====== Dataset content
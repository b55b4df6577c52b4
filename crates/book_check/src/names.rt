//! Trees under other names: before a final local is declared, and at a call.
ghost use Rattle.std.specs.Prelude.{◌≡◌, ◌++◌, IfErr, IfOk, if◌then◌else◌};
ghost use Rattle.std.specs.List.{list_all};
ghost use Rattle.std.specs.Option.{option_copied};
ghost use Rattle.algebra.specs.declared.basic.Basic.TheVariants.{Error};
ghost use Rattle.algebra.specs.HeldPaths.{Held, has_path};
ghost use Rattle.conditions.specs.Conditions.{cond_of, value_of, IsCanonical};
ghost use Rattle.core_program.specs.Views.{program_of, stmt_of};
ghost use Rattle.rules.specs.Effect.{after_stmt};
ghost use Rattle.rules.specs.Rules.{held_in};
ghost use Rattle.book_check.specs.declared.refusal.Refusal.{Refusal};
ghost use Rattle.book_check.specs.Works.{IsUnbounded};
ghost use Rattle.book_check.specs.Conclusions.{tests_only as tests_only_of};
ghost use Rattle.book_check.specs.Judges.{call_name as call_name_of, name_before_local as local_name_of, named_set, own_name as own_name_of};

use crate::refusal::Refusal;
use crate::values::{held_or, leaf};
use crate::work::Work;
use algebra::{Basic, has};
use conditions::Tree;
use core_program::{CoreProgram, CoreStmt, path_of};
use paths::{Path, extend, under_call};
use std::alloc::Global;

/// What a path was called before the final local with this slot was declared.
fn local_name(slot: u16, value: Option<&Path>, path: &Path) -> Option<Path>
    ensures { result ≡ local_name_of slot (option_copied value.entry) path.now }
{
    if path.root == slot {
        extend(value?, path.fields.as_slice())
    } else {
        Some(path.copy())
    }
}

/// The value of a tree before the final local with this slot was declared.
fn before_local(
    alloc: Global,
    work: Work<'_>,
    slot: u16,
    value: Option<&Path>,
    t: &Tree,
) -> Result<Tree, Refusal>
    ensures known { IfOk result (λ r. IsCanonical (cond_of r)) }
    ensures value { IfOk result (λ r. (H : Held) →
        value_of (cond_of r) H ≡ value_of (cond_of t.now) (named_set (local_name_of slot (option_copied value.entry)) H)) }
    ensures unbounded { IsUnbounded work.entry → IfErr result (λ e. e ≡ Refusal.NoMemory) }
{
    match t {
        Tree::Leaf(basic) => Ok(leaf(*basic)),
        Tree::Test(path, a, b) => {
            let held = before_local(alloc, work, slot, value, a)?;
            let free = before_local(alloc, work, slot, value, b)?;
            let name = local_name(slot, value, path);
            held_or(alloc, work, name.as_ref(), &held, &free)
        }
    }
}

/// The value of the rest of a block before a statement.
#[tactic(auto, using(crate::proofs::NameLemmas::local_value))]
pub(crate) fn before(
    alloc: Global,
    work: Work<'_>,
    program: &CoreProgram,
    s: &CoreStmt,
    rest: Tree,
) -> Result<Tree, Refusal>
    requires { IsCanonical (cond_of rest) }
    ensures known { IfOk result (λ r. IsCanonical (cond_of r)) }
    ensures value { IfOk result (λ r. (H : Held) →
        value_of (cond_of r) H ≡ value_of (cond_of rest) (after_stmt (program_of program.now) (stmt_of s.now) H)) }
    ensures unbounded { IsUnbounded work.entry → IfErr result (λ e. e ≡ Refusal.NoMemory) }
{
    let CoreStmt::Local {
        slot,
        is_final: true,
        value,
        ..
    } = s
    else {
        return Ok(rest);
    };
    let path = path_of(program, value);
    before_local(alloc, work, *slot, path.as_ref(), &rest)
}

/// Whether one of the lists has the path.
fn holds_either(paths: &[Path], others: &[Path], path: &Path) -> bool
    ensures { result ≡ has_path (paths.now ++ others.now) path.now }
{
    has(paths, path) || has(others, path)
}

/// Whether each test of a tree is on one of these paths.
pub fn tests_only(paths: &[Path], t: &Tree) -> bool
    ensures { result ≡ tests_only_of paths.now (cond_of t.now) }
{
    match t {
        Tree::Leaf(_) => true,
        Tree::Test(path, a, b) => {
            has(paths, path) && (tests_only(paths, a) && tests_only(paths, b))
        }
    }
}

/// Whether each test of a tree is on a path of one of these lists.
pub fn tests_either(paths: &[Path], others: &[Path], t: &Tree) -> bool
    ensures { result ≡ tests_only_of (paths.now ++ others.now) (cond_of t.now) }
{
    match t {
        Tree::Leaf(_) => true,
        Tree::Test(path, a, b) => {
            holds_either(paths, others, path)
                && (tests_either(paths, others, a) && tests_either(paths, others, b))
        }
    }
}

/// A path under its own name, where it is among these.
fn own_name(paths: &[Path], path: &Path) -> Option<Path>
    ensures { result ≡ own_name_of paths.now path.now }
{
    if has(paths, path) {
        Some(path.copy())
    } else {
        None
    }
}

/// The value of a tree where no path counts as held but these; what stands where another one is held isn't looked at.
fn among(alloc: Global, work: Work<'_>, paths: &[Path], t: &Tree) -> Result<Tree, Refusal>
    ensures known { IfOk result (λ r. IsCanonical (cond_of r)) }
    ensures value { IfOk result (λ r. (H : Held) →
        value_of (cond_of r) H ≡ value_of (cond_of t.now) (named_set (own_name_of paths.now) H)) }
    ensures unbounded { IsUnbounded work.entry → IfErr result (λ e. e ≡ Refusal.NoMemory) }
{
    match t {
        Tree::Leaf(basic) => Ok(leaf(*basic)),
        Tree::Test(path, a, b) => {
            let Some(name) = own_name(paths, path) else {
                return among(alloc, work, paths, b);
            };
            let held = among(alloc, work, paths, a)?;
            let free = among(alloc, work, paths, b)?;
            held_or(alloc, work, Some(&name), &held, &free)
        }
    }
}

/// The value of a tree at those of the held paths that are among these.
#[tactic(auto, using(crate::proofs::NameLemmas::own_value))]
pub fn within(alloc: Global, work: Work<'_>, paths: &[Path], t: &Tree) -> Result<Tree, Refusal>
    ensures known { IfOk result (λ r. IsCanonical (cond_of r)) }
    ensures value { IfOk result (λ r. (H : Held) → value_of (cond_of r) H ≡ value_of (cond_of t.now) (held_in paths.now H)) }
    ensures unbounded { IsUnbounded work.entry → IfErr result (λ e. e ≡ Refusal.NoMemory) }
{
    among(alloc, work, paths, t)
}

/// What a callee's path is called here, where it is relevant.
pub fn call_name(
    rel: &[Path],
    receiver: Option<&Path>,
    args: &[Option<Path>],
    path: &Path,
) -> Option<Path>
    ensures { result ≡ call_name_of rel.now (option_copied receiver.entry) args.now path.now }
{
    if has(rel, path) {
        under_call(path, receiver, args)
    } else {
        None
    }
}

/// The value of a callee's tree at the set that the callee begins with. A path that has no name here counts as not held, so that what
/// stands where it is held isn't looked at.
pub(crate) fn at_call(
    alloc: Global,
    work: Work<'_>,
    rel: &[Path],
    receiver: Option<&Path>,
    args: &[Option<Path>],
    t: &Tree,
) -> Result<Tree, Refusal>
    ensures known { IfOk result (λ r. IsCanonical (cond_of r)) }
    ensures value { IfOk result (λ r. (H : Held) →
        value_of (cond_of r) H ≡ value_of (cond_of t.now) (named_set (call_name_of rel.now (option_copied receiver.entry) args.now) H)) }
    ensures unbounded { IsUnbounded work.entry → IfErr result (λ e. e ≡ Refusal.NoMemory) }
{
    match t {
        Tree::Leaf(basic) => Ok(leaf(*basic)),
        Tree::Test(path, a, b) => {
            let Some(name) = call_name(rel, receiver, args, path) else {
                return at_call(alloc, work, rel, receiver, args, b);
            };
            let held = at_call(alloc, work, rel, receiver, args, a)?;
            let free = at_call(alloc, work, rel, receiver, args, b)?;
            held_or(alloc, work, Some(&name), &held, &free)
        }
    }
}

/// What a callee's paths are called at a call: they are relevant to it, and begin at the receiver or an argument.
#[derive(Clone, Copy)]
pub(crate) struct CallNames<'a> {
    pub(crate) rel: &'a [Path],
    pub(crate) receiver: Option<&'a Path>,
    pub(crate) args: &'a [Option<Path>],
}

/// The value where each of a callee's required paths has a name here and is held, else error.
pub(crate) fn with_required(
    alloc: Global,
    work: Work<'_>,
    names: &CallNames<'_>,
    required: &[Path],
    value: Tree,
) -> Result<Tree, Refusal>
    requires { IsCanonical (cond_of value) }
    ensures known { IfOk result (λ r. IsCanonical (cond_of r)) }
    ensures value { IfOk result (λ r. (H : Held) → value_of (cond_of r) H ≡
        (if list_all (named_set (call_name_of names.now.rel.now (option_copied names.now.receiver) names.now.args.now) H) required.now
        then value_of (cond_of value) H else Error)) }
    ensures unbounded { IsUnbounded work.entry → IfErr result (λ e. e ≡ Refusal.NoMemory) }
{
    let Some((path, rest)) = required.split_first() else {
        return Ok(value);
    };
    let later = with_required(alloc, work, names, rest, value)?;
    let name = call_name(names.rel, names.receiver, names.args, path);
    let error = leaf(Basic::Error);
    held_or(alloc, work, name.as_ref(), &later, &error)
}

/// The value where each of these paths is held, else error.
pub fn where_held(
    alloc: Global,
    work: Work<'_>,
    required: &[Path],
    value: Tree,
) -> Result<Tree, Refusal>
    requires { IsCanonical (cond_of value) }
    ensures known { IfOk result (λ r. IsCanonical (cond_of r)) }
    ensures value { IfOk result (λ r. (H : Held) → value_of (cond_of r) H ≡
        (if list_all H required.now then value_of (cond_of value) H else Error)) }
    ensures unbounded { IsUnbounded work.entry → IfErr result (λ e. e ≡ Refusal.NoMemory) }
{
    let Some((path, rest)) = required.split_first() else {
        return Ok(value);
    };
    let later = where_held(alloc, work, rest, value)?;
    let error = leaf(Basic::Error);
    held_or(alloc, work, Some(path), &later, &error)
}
============
- [Required action]: If a line of the data holds the string "using", list it.

- [Written response]:
#[tactic(auto, using(crate::proofs::NameLemmas::local_value))]
#[tactic(auto, using(crate::proofs::NameLemmas::own_value))]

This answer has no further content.